[Record extracts — start]

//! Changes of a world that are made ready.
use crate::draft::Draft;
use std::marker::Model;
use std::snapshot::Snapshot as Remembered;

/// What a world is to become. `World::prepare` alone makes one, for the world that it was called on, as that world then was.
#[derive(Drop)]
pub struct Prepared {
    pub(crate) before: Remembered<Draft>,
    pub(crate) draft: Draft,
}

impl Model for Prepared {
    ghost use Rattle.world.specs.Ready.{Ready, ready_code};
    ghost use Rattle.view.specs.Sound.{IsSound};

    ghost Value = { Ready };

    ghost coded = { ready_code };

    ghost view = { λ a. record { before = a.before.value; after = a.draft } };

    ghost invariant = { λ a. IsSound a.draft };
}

[Record extracts — finish]

Copy all lines above containing the string "Model".

▸ Solved problem
use std::marker::Model;
impl Model for Prepared {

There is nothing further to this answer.